Although it was possible to demonstrate the presence of some of our
delivered cells, it was not possible to reconstruct their
three-dimensional locations. Such added information could help to
understand how these HCN2-transfected stem cells generated
pacemaker activity and to assess their potential to develop
unwanted arrhythmic events. With this need in mind, a series of
experiments were performed in rats to enumerate delivered cells in
vivo and reconstruct their spatial distribution in three
dimensions. Approximately 100,000 QD-hMSCs were injected into the
left ventricular free wall. Hearts were harvested at either 1 hour
or 1 day after injection. Serial 10-.mu.m transverse sections were
imaged for QD fluorescence (FIGS. 5A and 5E). Using algorithms
described in Supplementary Methods, these fluorescence images were
filtered and thresholded to generate binary maps of QD-positive
zones from all of the tissue sections (FIG. 5B). The spatial
locations of QD-hMSCs were identified from the series of binary
maps and visualized in 3-D (FIGS. 5C and 5D). The algorithms
described herein permit enumeration of the total number of QD-hMSCs
in the whole heart from these models (approximately 50,000 at 1
hour and 30,000 at 1 day). A distance parameter was also computed
to characterize the distribution of cells, based on the distance
between individual cells and the centroid of the total stem cell
mass. Most of the cells were clustered in close proximity (85% of
cells within 1.5 mm at 1 hour and 95% within 1.5 mm at 24 hours,
see FIG. 5E).
[0105] QDs do not interfere with differentiation capacity of hMSCs
in vitro or in vivo. QD-hMSCs or unloaded hMSCs were induced to
differentiate in vitro along adipogenic and osteogenic lineages.
After the adipogenic induction period both (a) unloaded hMSCs and
(b) QD-hMSCs displayed characteristic adipocyte morphology, with
prominent lipid vacuoles. The percent of differentiated versus
undifferentiated cells was similar between these two groups. (c) At
high power, adipocytes from the QD-hMSC group are seen with QDs
(red fluorescence) interspersed between lipid vacuoles. After the
osteogenic induction period both (a) unloaded hMSCs and (b)
QD-hMSCs that were initially spindle shaped adapted a more
cobblestone-like morphology typical of osteocytes and tended to
cluster on the dish. (f) At high power a cobblestone-shaped
osteocyte from the QD-hMSC group retains the QD label (red) after
the differentiation process. QD-hMSCs were delivered in vivo to the
canine ventricle on an ECM patch. (g) After 8 weeks, some of these
QD-positive cells (red) express the endothelial marker PECAM-1
(green), suggesting differentiation of these cells along and
endothelial lineage. A high-power view of QD-positive cell with
co-localized PECAM-1 expression is shown in (g, inset). Scale bars
on a,b,d,e=200 .mu.m Scale bars on c,f=50 .mu.m Scale bar on g=20
.mu.M, inset=5 .mu.m
[0106] Computer Tomography (CT) Scanning of QDs. QDs are
semiconductor nanoparticles comprised of a CdSe core and ZnS shell.

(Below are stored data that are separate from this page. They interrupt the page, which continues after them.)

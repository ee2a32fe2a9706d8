//! Lists in replies, whose contracts see a list instead of a vector.
ghost use Rattle.std.specs.Prelude.{◌≡◌, ◌↔◌, IfOk, IsTrue};

use dac_base::{AppId, NoMemory};
use dac_state::Op;
use std::marker::Model;

/// A list of operations, in the order of their vector. Contracts see it as the list.
pub struct OpList {
    operations: Vec<Op>,
}

/// Written out so that a drop is one call in every proof.
impl Drop for OpList {
    fn drop(self) {
        let OpList {
            operations: _operations,
        } = self;
    }
}

impl Model for OpList {
    ghost use Rattle.std.specs.Prelude.{List};
    ghost use Rattle.std.specs.Coded.{coded_list};
    ghost use Rattle.dac_operations.specs.Operations.{Operation};
    ghost use Rattle.dac_operations.specs.contracts.op.Op as operation;

    ghost Value = { List Operation };

    ghost coded = { coded_list operation.the_row.coded };

    ghost view = { λ a. a.operations.items };
}

impl OpList {
    /// The operations of a vector, in its order.
    pub fn new(operations: Vec<Op>) -> Self
        ensures { result ≡ operations.items }
    {
        OpList { operations }
    }

    /// The vector of the operations, in their order.
    pub fn into_vec(self) -> Vec<Op>
        ensures { result.items ≡ self }
    {
        let OpList { operations } = self;
        operations
    }

    /// The operations, in their order.
    pub fn as_slice(&self) -> &[Op]
        ensures { result.now ≡ self.now }
    {
        self.operations.as_slice()
    }

    /// Whether both lists have equal operations in the same order.
    pub fn equal(&self, other: &Self) -> bool
        ensures { IsTrue result ↔ (self.now ≡ other.now) }
    {
        if self.operations.len() != other.operations.len() {
            return false;
        }
        for i in 0..self.operations.len() {
            if !self.operations[i].equal(&other.operations[i]) {
                return false;
            }
        }
        true
    }

    /// An equal list.
    pub fn copy(&self) -> Result<Self, NoMemory>
        ensures { IfOk result (λ copied. copied ≡ self.now) }
    {
        let mut operations = Vec::with_capacity(
            *self.operations.allocator(),
            self.operations.len(),
        )?;
        for operation in &self.operations {
            operations.push(operation.copy()?)?;
        }
        Ok(OpList { operations })
    }
}

/// A list of applications, in the order of their vector. Contracts see it as the list.
pub struct AppList {
    apps: Vec<AppId>,
}

/// Written out so that a drop is one call in every proof.
impl Drop for AppList {
    fn drop(self) {
        let AppList { apps: _apps } = self;
    }
}

impl Model for AppList {
    ghost use Rattle.std.specs.Prelude.{List};
    ghost use Rattle.dac_base.specs.declared.AppId.{AppId};

    ghost Value = { List AppId };

    ghost view = { λ a. a.apps.items };
}

impl AppList {
    /// The applications of a vector, in its order.
    pub fn new(apps: Vec<AppId>) -> Self
        ensures { result ≡ apps.items }
    {
        AppList { apps }
    }

    /// The vector of the applications, in their order.
    pub fn into_vec(self) -> Vec<AppId>
        ensures { result.items ≡ self }
    {
        let AppList { apps } = self;
        apps
    }

    /// The applications, in their order.
    pub fn as_slice(&self) -> &[AppId]
        ensures { result.now ≡ self.now }
    {
        self.apps.as_slice()
    }

    /// Whether both lists have the same applications in the same order.
    pub fn equal(&self, other: &Self) -> bool
        ensures { IsTrue result ↔ (self.now ≡ other.now) }
    {
        self.apps.as_slice() == other.apps.as_slice()
    }

    /// An equal list.
    pub fn copy(&self) -> Result<Self, NoMemory>
        ensures { IfOk result (λ copied. copied ≡ self.now) }
    {
        let apps = Vec::from_slice(*self.apps.allocator(), &self.apps)?;
        Ok(AppList { apps })
    }
}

Because of the very high densities of these materials (5.816
g/cm.sup.3 and 4.09 g/cm.sup.3 respectively), it was investigated
whether QD-hMSCs could be imaged using computed tomography (CT)
scanning. In order for QD-hMSCs to be detected within a block of
tissue, two criteria must be satisfied: 1) the resolution of the CT
scanner must be sensitive enough to detect single cells (mean
diameter, 10 .mu.m) and 2) the overall physical density of a
QD-loaded hMSC must be at least 10% higher than the physical
density of the surrounding tissue. Currently, micro CT (.mu.CT)
scanners are available with resolutions as low as 1 .mu.m.
[0107] After uptake by hMSCs, QDs exist within the cells in
clusters with an average diameter of 0.75 .mu.m. Prior to cell
division the average cell contains approximately 200 of these QD
clusters, as determined by fluorescence imaging. Since an
individual cluster will occupy approximately 0.22 .mu.m.sup.3 in
the cell, the total volume of QDs in a given cell is roughly 44
.mu.m.sup.3. An average hMSC has a volume of approximately 500
.mu.m.sup.3. Therefore, based on these calculations, QDs occupy
approximately 9% of the volume of the cell. This is a low-end
estimate of the percent volume, with alternate calculations
yielding a value as high as 25%. Assuming a cell and tissue density
of 1.05 g/cm.sup.3, the expected overall physical density of
QD-hMSCs should range from 1.40-2.00 g/cm.sup.3. These densities
are well above the threshold for detection of the .mu.CT
scanners.
7. EXAMPLE
Use of QDs to Track Labeled MSCS Non-Invasively In Vivo
[0108] The long term future of stem cell therapies will depend on
the ability to track non-invasively. Both the core of the QD and
the passivating shell contain metal ions (cadmium and zinc
respectively). Metals are radiopaque, meaning they do not allow
penetration of x-ray waves, and can therefore be imaged using x-ray
technology. Traditional x-rays are too large to interfere with
nano- or micro-scaled metals. However, since they are radiopaque,
it may be possible to use micro computed tomography (.mu.CT)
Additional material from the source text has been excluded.